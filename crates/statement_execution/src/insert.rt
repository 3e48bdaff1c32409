//! New rows, at their keys or behind a hidden row number.

ghost use Rattle.std.specs.Prelude.{◌≡◌, ◌||◌, IfOk, Some, None, is_some};
ghost use Rattle.std.specs.FinMap.Entries.{find};
ghost use Rattle.finite_maps.specs.Map.{get};
ghost use Rattle.lock_modes.specs.Value.{value_cmp};
ghost use Rattle.events.specs.declared.event.Fault.TheVariants.{Duplicate};
ghost use Rattle.events.specs.declared.event.Event.TheVariants.{Inserted};
ghost use Rattle.bound_statements.specs.declared.statement.Bound.TheVariants.{Insert};
ghost use Rattle.row_tables.specs.Layers.{sight, IsOnlyWriterAt, IsOnlyWriterIn};
ghost use Rattle.statement_evaluation.specs.Effect as spec;
ghost use Rattle.statement_evaluation.specs.Borrowed.{effect_at};
ghost use Rattle.statement_execution.specs.Run.{SeesAlone};
ghost use Rattle.statement_execution.specs.Seen.{named, number_after, KeysAlone};

use crate::sights::Sight;
use events::{Event, Fault};
use finite_maps::Fork;
use lock_modes::{Row, Value};
use statement_evaluation::{Given, ValueRef, Write, Writes, telling};
use std::alloc::{AllocError, Global};
use version_tree::VMap;

/// How many rows are made, or a fault where a key is there already or comes twice.
pub(crate) fn inserted(alloc: Global, writes: Option<Writes>) -> Given
    ensures { effect_at result ≡ spec.or_fault Duplicate writes Inserted }
{
    let Some(writes) = writes else {
        return Given::Failed(Fault::Duplicate);
    };
    let event = Event::Inserted(writes.len() as u64);
    telling(alloc, event, writes)
}

/// The writes of new rows, or none where a key is there already or comes twice.
pub(crate) fn made<'a, S: Sight<'a>>(
    alloc: Global,
    rows: S,
    session: u8,
    table: u16,
    key_column: Option<u16>,
    new: &[Row],
) -> Result<Option<Writes>, AllocError>
    requires { SeesAlone session (Insert table key_column new.now) (S.layers rows) }
    ensures { IfOk result (λ writes. spec.or_fault Duplicate writes Inserted ≡ spec.effect (Insert table key_column new.now) (sight session (S.layers rows))) }
{
    match key_column {
        Some(key_column) => placed(alloc, rows, session, table, key_column, new),
        None => Ok(Some(numbered(alloc, rows, session, table, new)?)),
    }
}

/// The writes of new rows at their keys, or none where a key is there already or comes twice.
fn placed<'a, S: Sight<'a>>(
    alloc: Global,
    rows: S,
    session: u8,
    table: u16,
    key_column: u16,
    new: &[Row],
) -> Result<Option<Writes>, AllocError>
    requires { KeysAlone session table key_column new.now (S.layers rows) }
    ensures { IfOk result (λ writes. writes ≡ spec.placed table key_column new.now (sight session (S.layers rows))) }
{
    let mut writes = Writes::new(alloc);
    // The keys of the rows so far. What they lead to does not matter.
    let mut keys = VMap::new(alloc);
    for row in new {
        let key = ValueRef::in_column(row, key_column).to_value()?;
        if is_taken(rows, session, table, &key, &keys) {
            return Ok(None);
        }
        writes.push(Write::new(table, key.fork()?, Some(row.fork()?)))?;
        keys = keys.put(key, 0u8)?;
    }
    Ok(Some(writes))
}

/// Whether a key is there or came before.
fn is_taken<'a, S: Sight<'a>>(
    rows: S,
    session: u8,
    table: u16,
    key: &Value,
    keys: &VMap<Value, u8>,
) -> bool
    requires { IsOnlyWriterAt session (table, key.now) (S.layers rows) }
    ensures { result ≡ (is_some (get (sight session (S.layers rows)) (table, key.now)) || is_some (find value_cmp key.now keys.now)) }
{
    rows.read(session, table, key).is_some() || keys.get(key).is_some()
}

/// The writes of new rows whose keys are numbers one after another, the first one more than the greatest that is there, or 1.
fn numbered<'a, S: Sight<'a>>(
    alloc: Global,
    rows: S,
    session: u8,
    table: u16,
    new: &[Row],
) -> Result<Writes, AllocError>
    requires { IsOnlyWriterIn session table (S.layers rows) }
    ensures { IfOk result (λ writes. writes ≡ spec.numbered table (spec.next_number 1 (named table None (sight session (S.layers rows)))) new.now) }
{
    numbered_from(alloc, table, rows.next_number(session, table), new)
}

/// One more than the number that a key is, or else `next`.
pub fn number_after(key: &Value, next: u64) -> u64
    ensures { result ≡ number_after key.now next }
{
    match key {
        Value::Int(number) if *number >= 0 => *number as u64 + 1,
        _ => next,
    }
}

fn numbered_from(alloc: Global, table: u16, first: u64, new: &[Row]) -> Result<Writes, AllocError>
    ensures { IfOk result (λ writes. writes ≡ spec.numbered table first new.now) }
{
    let mut writes = Writes::new(alloc);
    let mut number = first;
    for row in new {
        // No memory has room for so many rows.
        if number > i64::MAX as u64 {
            return Err(AllocError);
        }
        writes.push(Write::new(table, Value::Int(number as i64), Some(row.fork()?)))?;
        number += 1;
    }
    Ok(writes)
}
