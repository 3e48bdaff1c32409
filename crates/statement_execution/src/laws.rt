//! Laws of evaluation. The functions do nothing: what they promise is the law.

ghost use Rattle.std.specs.Prelude.{◌≡◌, Bool, Option};
ghost use Rattle.statement_evaluation.specs.Evaluate.{and_then, or_else};

/// It does not matter which two of three conditions AND joins first, nor OR, also where a value leaves the range. So whether a row meets
/// a chain follows from the list of its parts.
pub fn links_are_associative()
    ensures all { (a b c : Option Bool) → and_then (and_then a b) c ≡ and_then a (and_then b c) }
    ensures any { (a b c : Option Bool) → or_else (or_else a b) c ≡ or_else a (or_else b c) }
{}
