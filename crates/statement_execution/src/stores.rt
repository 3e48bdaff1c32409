//! A store as statements look at it.

use crate::insert::number_after;
use crate::sights::Sight;
use bound_statements::Condition;
use lock_modes::{Row, Value};
use row_tables::Store;
use statement_evaluation::{Entries, Entry, holds};
use std::alloc::{AllocError, Global};

impl<'a> Sight<'a> for &'a Store {
    ghost layers = { λ s. s.now };

    fn read(self, session: u8, table: u16, key: &Value) -> Option<&'a Row> {
        Store::read(self, session, table, key)
    }

    fn matching_in(
        self,
        alloc: Global,
        session: u8,
        table: u16,
        condition: &Condition,
    ) -> Result<Option<Entries<'a>>, AllocError> {
        let mut found = Entries::new(alloc);
        for (key, row) in self.scan(session, table) {
            let Some(passes) = holds(row, condition) else {
                return Ok(None);
            };
            found.push_if(passes, Entry::new(table, key, row))?;
        }
        Ok(Some(found))
    }

    fn next_number(self, session: u8, table: u16) -> u64 {
        let mut next = 1;
        for (key, _) in self.scan(session, table) {
            next = number_after(key, next);
        }
        next
    }
}
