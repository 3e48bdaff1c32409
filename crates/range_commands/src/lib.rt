//! Ranges of ranks, run by workers over the bytes of a spec file: the text of their book.
#![tactic(auto)]

mod ranges;

pub use ranges::{MAX_RANGE, RangeFault, book_of_range, run_all, run_range, run_told};
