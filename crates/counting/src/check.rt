// The check of a counting plan: the number and the lowest place by which document 01 turns it down.
ghost use Rattle.std.specs.Prelude.{◌≡◌, ◌/◌, ◌^◌, ◌<◌, leb, length};
ghost use Rattle.plan.specs.Limits.{most_nodes};
ghost use Rattle.plan.specs.Verdict.{verdict};
ghost use Rattle.counting.specs.Counting.{range_entries, counting_of};
ghost use Rattle.counting.specs.Rules.{count_wrong, counting_rules};

use crate::RANGE_ENTRIES;
use plan::{Arc, Fault, Plan, Refusal, Verdict, refuse};

// Whether a domain names a value at or past w.
fn beyond(word: u64, w: u32) -> bool
    requires { w < most_nodes }
    ensures { result ≡ leb (2 ^ w) word }
{
    0 < word >> w
}

// The low of value j is above its high, or its high is above the widest.
fn count_wrong(domains: &[u64], counts: &[u32], j: usize) -> bool
    requires { j < length counts.now / range_entries }
    ensures { result ≡ count_wrong (counting_of domains.now counts.now) j }
{
    let low = counts[j * RANGE_ENTRIES];
    let high = counts[j * RANGE_ENTRIES + 1];
    high < low || Arc::WIDEST_HIGH < high
}

// The verdict on a counting plan, by the numbers 15, 16, 17 and 18 in this order.
pub fn check(domains: &[u64], counts: &[u32]) -> Verdict
    ensures { result ≡ verdict (counting_rules domains.now (counting_of domains.now counts.now)) }
{
    let v = domains.len();
    let w = counts.len() / RANGE_ENTRIES;
    if Plan::MOST_NODES <= v + w {
        return Err(Refusal::whole(Fault::CountNodes));
    }
    refuse(Fault::CountDomain, v, |i| beyond(domains[i], w as u32))?;
    if Plan::MOST_ARCS < w * (v + 1) {
        return Err(Refusal::whole(Fault::CountArcs));
    }
    refuse(Fault::CountRange, w, |j| count_wrong(domains, counts, j))
}
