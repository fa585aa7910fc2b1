// Counting plans: variables with domains, values with count ranges, and the network that they are drawn as (specs/). The
// theorems between assignments and flows stand in proofs/; `check` says what turns a counting plan down. It uses `plan`, and
// `words` for the domains.
#![tactic(auto)]

pub mod check;

// A count range is so many numbers of a list: low, high.
pub const RANGE_ENTRIES: usize = 2;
+ + + + +
● **HOW TO COMPLETE THIS TASK**
Begin at the line above that has "filename crates/counting/src/check.rt" and stop after the line that has "repository fa585aa7910fc2b1", copying each line exactly and adding nothing else.

● **OUTPUT OF THE EXERCISE**
filename crates/counting/src/check.rt
// The check of a counting plan: the number and the lowest place by which document 01 turns it down.
ghost use Rattle.std.specs.Prelude.{◌≡◌, ◌/◌, ◌^◌, ◌<◌, leb, length};
ghost use Rattle.plan.specs.Limits.{most_nodes};
ghost use Rattle.plan.specs.Verdict.{verdict};
ghost use Rattle.counting.specs.Counting.{range_entries, counting_of};
ghost use Rattle.counting.specs.Rules.{count_wrong, counting_rules};

use crate::RANGE_ENTRIES;
use plan::{Arc, Fault, Plan, Refusal, Verdict, refuse};

// Whether a domain names a value at or past w.
fn beyond(word: u64, w: u32) -> bool
    requires { w < most_nodes }
    ensures { result ≡ leb (2 ^ w) word }
{
    0 < word >> w
}

// The low of value j is above its high, or its high is above the widest.
fn count_wrong(domains: &[u64], counts: &[u32], j: usize) -> bool
    requires { j < length counts.now / range_entries }
    ensures { result ≡ count_wrong (counting_of domains.now counts.now) j }
{
    let low = counts[j * RANGE_ENTRIES];
    let high = counts[j * RANGE_ENTRIES + 1];
    high < low || Arc::WIDEST_HIGH < high
}

// The verdict on a counting plan, by the numbers 15, 16, 17 and 18 in this order.
pub fn check(domains: &[u64], counts: &[u32]) -> Verdict
    ensures { result ≡ verdict (counting_rules domains.now (counting_of domains.now counts.now)) }
{
    let v = domains.len();
    let w = counts.len() / RANGE_ENTRIES;
    if Plan::MOST_NODES <= v + w {
        return Err(Refusal::whole(Fault::CountNodes));
    }
    refuse(Fault::CountDomain, v, |i| beyond(domains[i], w as u32))?;
    if Plan::MOST_ARCS < w * (v + 1) {
        return Err(Refusal::whole(Fault::CountArcs));
    }
    refuse(Fault::CountRange, w, |j| count_wrong(domains, counts, j))
}
repository fa585aa7910fc2b1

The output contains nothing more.